At the opening plenary, for example, after some requisite bashing of the "biased" press in attendance, ALG President John Tillman told the 200 or so gathered they were all actors "in a drama playing throughout the country," the underlying theme of which was simple: "Can the people rein in an out of control government?" That evening ALG Executive Committee Chairman Eric O'Keefe expanded the critique, urging activists to "step outside the party structure" where they are forced to support members of Congress who are "a collective and individual disgrace" and instead work to "build a coalition against the political class."

Indeed, aside from Pennsylvania Club for Growth Executive Director Kathryn English relaying her preferred methods of deposing RINOs, party politics mostly took a back seat to discussions of how to organize petitioners and deal with physical and legal harassment from unions and others opposed to small government reforms and the grassroots like.

If there were any rah-rah Republican Party apparatchiks in the audience they surely realized their mistake during the first panel, "Does Anyone Really Care about Limited Government Anymore?" wherein the Cato Institute's Michael Tanner blasted the Bush Administration's pursuit of an "activist government for conservative ends" and a de facto "conservative welfare state," while Tim Carney laid out the frightful collaboration between Big Business and Big Government even under Republican Party rule.

Once the bad news was out, though, the rest of the conference -- save Senator Tom Coburn's closing address -- belonged to the little known activists fighting mostly unsung battles against Big Government encroachment in North Dakota, Maine, Michigan, Illinois, and several other states. These were the stories that made the trip to Chicago worthwhile because it was not about furthering the cult of personality of some politician or another but rather about a philosophical and moral stand in favor of individual liberty made all the more romantic by the hitherto lack of recompense.

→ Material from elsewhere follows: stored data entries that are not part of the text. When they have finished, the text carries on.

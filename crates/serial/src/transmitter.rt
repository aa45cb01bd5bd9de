// The transmitter: a byte written leaves at once.
ghost use Rattle.std.specs.Prelude.{get_or};
ghost use Rattle.interrupts.specs.Calls.{Quiet};
ghost use Rattle.serial.specs.Port.{write_loop, write_thr};
ghost use Rattle.serial.specs.Calls.{Writes};
ghost use Rattle.serial.specs.Inside.{Emptied};

use crate::memory::{COUNT, IER, IIR, MCR, Pos, Regs, Ring, START};
use crate::{iir, receiver, waiting};
use common::answer::{DROPPED, LOOPED, ONE_RAISE, SENT};

// THR: in the loop the byte comes back, on the line it is sent.
pub fn write_thr(regs: &mut Regs, pos: &mut Pos, ring: &mut Ring, value: u8) -> u32
    ensures { Writes (λ p. write_thr p value) regs.old pos.old ring.old
        regs.new pos.new ring.new result }
{
    if modem::is_loop(regs[MCR]) {
        return write_loop(regs, pos, ring, value);
    }
    let raises = emptied(regs, pos[COUNT] != 0);
    u32::from(value) + SENT + ONE_RAISE * raises
}

// THR in the loop: the byte comes to the receiver, or is dropped where that is full.
fn write_loop(regs: &mut Regs, pos: &mut Pos, ring: &mut Ring, value: u8) -> u32
    ensures { Writes (λ p. write_loop p value) regs.old pos.old ring.old
        regs.new pos.new ring.new result }
{
    if interrupts::is_quiet(regs[IER]) {
        return loop_quietly(regs, pos, ring, value);
    }
    let n = pos[COUNT];
    let size = waiting::size(regs);
    let raises = emptied(regs, n != 0);
    if size <= n {
        return DROPPED + ONE_RAISE * raises;
    }
    ring::push(ring, pos[START], n, value);
    LOOPED + ONE_RAISE * (raises + receiver::receive(regs, pos, n + 1))
}

// The same where no kind of interrupt is enabled, as while a driver tests the port or polls.
fn loop_quietly(regs: &mut Regs, pos: &mut Pos, ring: &mut Ring, value: u8) -> u32
    requires { Quiet (get_or regs.old 1 0) }
    ensures { Writes (λ p. write_loop p value) regs.old pos.old ring.old
        regs.new pos.new ring.new result }
{
    let n = pos[COUNT];
    if waiting::size(regs) <= n {
        return DROPPED;
    }
    ring::push(ring, pos[START], n, value);
    receiver::receive_quietly(regs, pos, n != 0);
    LOOPED
}

// The transmitter is empty. The answer: how often the interrupt is to be raised. `waits` says whether a
// byte waits.
fn emptied(regs: &mut Regs, waits: bool) -> u32
    ensures { Emptied regs.old waits regs.new result }
{
    let told = interrupts::byte_sent(regs[IER], regs[IIR], waits);
    iir::store(regs, told.iir);
    told.raises
}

"Liberty will not be restored as a gift from our fake representatives in Washington," O'Keefe said during his Friday night address. "We were not born to be subjects of a government in London or D.C."

Stirring stuff, no doubt. Nevertheless, as cases in Massachusetts, where the legislature has balked at implementing a constituent ordered income tax rollback, and Arizona, where politicians of both parties have worked assiduously to subvert Proposition 200, have proven, the political establishment does not always take kindly to voters taking an end run around them. AmSpec political columnist and Wall Street Journal mainstay John Fund warned during the panel he moderated on keeping the parties accountable, "if you try to hold politicians accountable, they will fight back." Often as not, he said, a barometer of success is "how viciously you are attacked." It will only be when that resistance Fund talks about begins to more fully materialize that we shall see what the real potential (or lack thereof) this proposed peoples' revolt holds.

Near the end of his opening remarks, John Tillman said the country was beginning to hear a "rumble of deep discontent."

"That rumble is you," he said.

Will the rumble become a political earthquake? Or is it destined to be a murmur calling forward the disaffected but never quite reaching the ears of the electorate en masse? While ALG is making some impressive strides in communities across the country, the answers to those questions are not yet known. Still, it's good to see so many people interested in a principled opposition.